(Supplied material begins)
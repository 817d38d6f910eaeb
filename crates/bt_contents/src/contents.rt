//! The rows of a table.
ghost use Rattle.std.specs.Prelude.{◌≡◌, ◌↔◌, [], IfNone, IfOk, IfSome, IsTrue, OnOk, OnErr, bytes_eq, filter, length, ◌<◌};
ghost use Rattle.std.specs.List.{list_any};
ghost use Rattle.std.specs.Map.{keys_of, values_of};
ghost use Rattle.bt_types.specs.declared.mutation.Mutation.TheVariants as mutations;
ghost use Rattle.bt_contents.specs.Contents.{AreHeld, IsTable, is_used, keyed_at, keys_with, row_at, seen, with_row};
ghost use Rattle.bt_row.specs.Sound.{IsHeld};
ghost use Rattle.bt_row.specs.Keys.{cells_of};
ghost use Rattle.bt_row.specs.Extents.{Covers, is_covered};
ghost use Rattle.bt_row.specs.declared.cell_key.CellKey.{CellKey};
ghost use Rattle.bt_row.specs.Plans.{AreLawful, CanSettle, IsPlan, placed, settled, value_at};
ghost use Rattle.bt_contents.specs.Ranges.{rows_within, unread};

use crate::contents_rows::ContentsRows;
use crate::ranges::rows_within;
use bt_base::{OutOfMemory, Plain};
use bt_row::{Ending, Extent, Plan, Row};
use bt_types::{FamilyName, KeyList, RowKey, RowRange};
use std::alloc::Global;
use std::collections::BTreeMap;
use std::collections::btree_map::Range;
use std::marker::Model;

/// The rows of a table by their keys: each has a cell, and a value has at most 4,194,304 bytes. A
/// contract sees the list of keys and cells in the order of keys.
#[derive(Drop)]
pub struct Contents {
    alloc: Global,
    pub(crate) rows: BTreeMap<RowKey, Row>,
}

impl Model for Contents {
    ghost use Rattle.std.specs.Prelude.{List, ℕ};
    ghost use Rattle.bt_types.specs.declared.cell.Cell.{Cell};
    ghost use Rattle.bt_contents.specs.Contents.{AreHeld, seen};

    ghost Value = { List (List ℕ × List Cell) };

    ghost view = { λ c. seen c.rows.entries };

    ghost invariant = { λ c. AreHeld c.rows.entries };
}

impl Contents {
    /// No rows, which takes no memory yet.
    pub fn new(alloc: Global) -> Contents
        ensures { result ≡ [] }
    {
        Contents {
            alloc,
            rows: BTreeMap::new(alloc),
        }
    }

    /// Whether there is no row.
    pub fn is_empty(&self) -> bool
        ensures empty { IsTrue result ↔ (self.now ≡ []) }
        ensures table { IsTable self.now }
    {
        self.rows.is_empty()
    }

    /// The rows whose keys are in the range, in the order of keys. The first one is searched for.
    /// Where memory for the search is short, or a bound is longer than a key, the rows before it are
    /// gone through instead.
    pub fn rows_in(&self, alloc: Global, range: &RowRange) -> ContentsRows<'_>
        ensures { result ≡ unread (rows_within range.now self.now) }
    {
        ContentsRows::new(alloc, rows_within(alloc, &self.rows, range))
    }

    /// The keys of the rows in the range, in order, of which the first is searched for as in `rows_in`.
    pub fn keys_in(&self, alloc: Global, range: &RowRange) -> Result<KeyList, OutOfMemory>
        ensures { IfOk result (λ keys. keys ≡ keys_of (rows_within range.now self.now)) }
    {
        match rows_within(alloc, &self.rows, range) {
            Some(rows) => keys_of(alloc, rows),
            None => Ok(KeyList::new(alloc)),
        }
    }

    /// The keys of the rows that have a cell of the family, in order. Each row is searched once.
    pub fn keys_with(&self, alloc: Global, family: &FamilyName) -> Result<KeyList, OutOfMemory>
        ensures { IfOk result (λ keys. keys ≡ keys_with family.now self.now) }
    {
        let extent = Extent::of_family(alloc, family.copy(alloc)?)?;
        keys_of_rows_with(alloc, &self.rows, &extent)
    }

    /// Whether a row has a cell of the family. Each row is searched once; where memory for the search is
    /// short, its cells are gone through instead.
    pub fn has_family(&self, family: &FamilyName) -> bool
        ensures { result ≡ is_used family.now self.now }
    {
        match extent_of(self.alloc, family) {
            Some(extent) => some_row_has(&self.rows, &extent),
            None => some_row_is_of(&self.rows, family),
        }
    }

    /// The row at a key, which is searched for; `None` where it is not there.
    pub fn get(&self, key: &RowKey) -> Option<&Row>
        ensures found { IfSome result (λ row. IsHeld row.now × (keyed_at key.now self.now ≡ row.now.cells.entries)) }
        ensures absent { IfNone result (keyed_at key.now self.now ≡ []) }
    {
        self.rows.get(key)
    }

    /// Puts a row with cells at a key, in the place of one that is there.
    pub fn put(&mut self, key: RowKey, row: Row) -> Result<(), OutOfMemory>
        requires { IsHeld row }
        ensures ok { OnOk result (self.new ≡ with_row key (cells_of row.cells.entries) self.old) }
        ensures err { OnErr result (self.new ≡ self.old) }
        ensures table { IsTable self.new }
    {
        self.rows.insert(key, row)?;
        Ok(())
    }

    /// Takes out the row at a key, which takes no memory.
    pub fn remove(&mut self, key: &RowKey)
        ensures row { self.new ≡ with_row key.now [] self.old }
        ensures table { IsTable self.new }
    {
        self.rows.remove(key);
    }
}

impl Contents {
    /// Makes the cells that a plan of the row at a key wants, without bytes yet, all or none.
    pub fn make_places(
        &mut self,
        alloc: Global,
        key: &RowKey,
        plan: &Plan,
    ) -> Result<(), OutOfMemory>
        requires there { 0 < length (row_at key.now self.old) }
        requires plan { IsPlan plan.now (keyed_at key.now self.old) }
        ensures row { OnOk result (self.new ≡ with_row key.now (row_at key.now self.new) self.old) }
        ensures values { OnOk result ((k : CellKey) → value_at (keyed_at key.now self.new) k ≡ placed plan.now.outcomes.entries (value_at (keyed_at key.now self.old)) k) }
        ensures filled { OnOk result (0 < length self.old → 0 < length self.new) }
        ensures err { OnErr result (self.new ≡ self.old) }
        ensures table { IsTable self.new }
    {
        make_row_places(&mut self.rows, alloc, key, plan)
    }

    /// Ends a plan of the row at a key, which takes no memory.
    pub fn settle(&mut self, key: &RowKey, plan: Plan, ending: Ending)
        requires lawful { AreLawful plan.outcomes.entries }
        requires can { CanSettle ending plan (keyed_at key.now self.old) }
        ensures row { self.new ≡ with_row key.now (row_at key.now self.new) self.old }
        ensures values { (k : CellKey) → value_at (keyed_at key.now self.new) k ≡ settled ending plan (keyed_at key.now self.old) k }
        ensures table { IsTable self.new }
    {
        settle_row(&mut self.rows, key, plan, ending);
    }
}

fn make_row_places(
    rows: &mut BTreeMap<RowKey, Row>,
    alloc: Global,
    key: &RowKey,
    plan: &Plan,
) -> Result<(), OutOfMemory>
    requires held { AreHeld rows.old.entries }
    requires there { 0 < length (row_at key.now (seen rows.old.entries)) }
    requires plan { IsPlan plan.now (keyed_at key.now (seen rows.old.entries)) }
    ensures row { OnOk result (seen rows.new.entries ≡ with_row key.now (row_at key.now (seen rows.new.entries)) (seen rows.old.entries)) }
    ensures values { OnOk result ((k : CellKey) → value_at (keyed_at key.now (seen rows.new.entries)) k ≡ placed plan.now.outcomes.entries (value_at (keyed_at key.now (seen rows.old.entries))) k) }
    ensures filled { OnOk result (0 < length (seen rows.old.entries) → 0 < length (seen rows.new.entries)) }
    ensures err { OnErr result (seen rows.new.entries ≡ seen rows.old.entries) }
    ensures held { AreHeld rows.new.entries }
{
    match rows.get_mut(key) {
        Some(row) => {
            row.make_places(alloc, plan)?;
            Ok(())
        }
        None => unreachable!(),
    }
}

fn settle_row(rows: &mut BTreeMap<RowKey, Row>, key: &RowKey, plan: Plan, ending: Ending)
    requires held { AreHeld rows.old.entries }
    requires lawful { AreLawful plan.outcomes.entries }
    requires can { CanSettle ending plan (keyed_at key.now (seen rows.old.entries)) }
    ensures row { seen rows.new.entries ≡ with_row key.now (row_at key.now (seen rows.new.entries)) (seen rows.old.entries) }
    ensures values { (k : CellKey) → value_at (keyed_at key.now (seen rows.new.entries)) k ≡ settled ending plan (keyed_at key.now (seen rows.old.entries)) k }
    ensures held { AreHeld rows.new.entries }
{
    let Some(row) = rows.get_mut(key) else {
        return;
    };
    row.settle(plan, ending);
    if row.is_empty() {
        rows.remove(key);
    }
}

fn keys_of(alloc: Global, rows: Range<'_, RowKey, Row>) -> Result<KeyList, OutOfMemory>
    ensures { IfOk result (λ keys. keys ≡ keys_of rows.entry) }
{
    let mut keys = KeyList::new(alloc);
    for (key, _) in rows {
        keys.push(key.copy(alloc)?)?;
    }
    Ok(keys)
}

fn keys_of_rows_with(
    alloc: Global,
    rows: &BTreeMap<RowKey, Row>,
    extent: &Extent,
) -> Result<KeyList, OutOfMemory>
    ensures { IfOk result (λ keys. keys ≡ keys_of (filter (λ r. list_any (is_covered extent.now) (keys_of r.1.cells.entries)) rows.now.entries)) }
{
    let mut keys = KeyList::new(alloc);
    for (key, row) in rows {
        if extent.has_any(&row.cells) {
            keys.push(key.copy(alloc)?)?;
        }
    }
    Ok(keys)
}

// The cells of a family, where there is memory for the search.
fn extent_of(alloc: Global, family: &FamilyName) -> Option<Extent>
    ensures { IfSome result (λ extent. Covers extent (mutations.DeleteFamily family.now)) }
{
    let family = family.copy(alloc).ok()?;
    Extent::of_family(alloc, family).ok()
}

fn some_row_has(rows: &BTreeMap<RowKey, Row>, extent: &Extent) -> bool
    ensures { result ≡ list_any (λ r. list_any (is_covered extent.now) (keys_of r.cells.entries)) (values_of rows.now.entries) }
{
    rows.values().any(|row| extent.has_any(&row.cells))
}

fn some_row_is_of(rows: &BTreeMap<RowKey, Row>, family: &FamilyName) -> bool
    ensures { result ≡ list_any (λ r. list_any (λ k. bytes_eq k.family family.now) (keys_of r.cells.entries)) (values_of rows.now.entries) }
{
    rows.values().any(|row| row.is_of(family))
}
(Supplied material ends)
• What is required: Scan the entries above for the line containing "c. seen c.rows.entries", and copy it and all lines after it exactly, down to and including the line containing "once; where memory for the search is".

• Exercise answer:
    ghost view = { λ c. seen c.rows.entries };

    ghost invariant = { λ c. AreHeld c.rows.entries };
}

impl Contents {
    /// No rows, which takes no memory yet.
    pub fn new(alloc: Global) -> Contents
        ensures { result ≡ [] }
    {
        Contents {
            alloc,
            rows: BTreeMap::new(alloc),
        }
    }

    /// Whether there is no row.
    pub fn is_empty(&self) -> bool
        ensures empty { IsTrue result ↔ (self.now ≡ []) }
        ensures table { IsTable self.now }
    {
        self.rows.is_empty()
    }

    /// The rows whose keys are in the range, in the order of keys. The first one is searched for.
    /// Where memory for the search is short, or a bound is longer than a key, the rows before it are
    /// gone through instead.
    pub fn rows_in(&self, alloc: Global, range: &RowRange) -> ContentsRows<'_>
        ensures { result ≡ unread (rows_within range.now self.now) }
    {
        ContentsRows::new(alloc, rows_within(alloc, &self.rows, range))
    }

    /// The keys of the rows in the range, in order, of which the first is searched for as in `rows_in`.
    pub fn keys_in(&self, alloc: Global, range: &RowRange) -> Result<KeyList, OutOfMemory>
        ensures { IfOk result (λ keys. keys ≡ keys_of (rows_within range.now self.now)) }
    {
        match rows_within(alloc, &self.rows, range) {
            Some(rows) => keys_of(alloc, rows),
            None => Ok(KeyList::new(alloc)),
        }
    }

    /// The keys of the rows that have a cell of the family, in order. Each row is searched once.
    pub fn keys_with(&self, alloc: Global, family: &FamilyName) -> Result<KeyList, OutOfMemory>
        ensures { IfOk result (λ keys. keys ≡ keys_with family.now self.now) }
    {
        let extent = Extent::of_family(alloc, family.copy(alloc)?)?;
        keys_of_rows_with(alloc, &self.rows, &extent)
    }

    /// Whether a row has a cell of the family. Each row is searched once; where memory for the search is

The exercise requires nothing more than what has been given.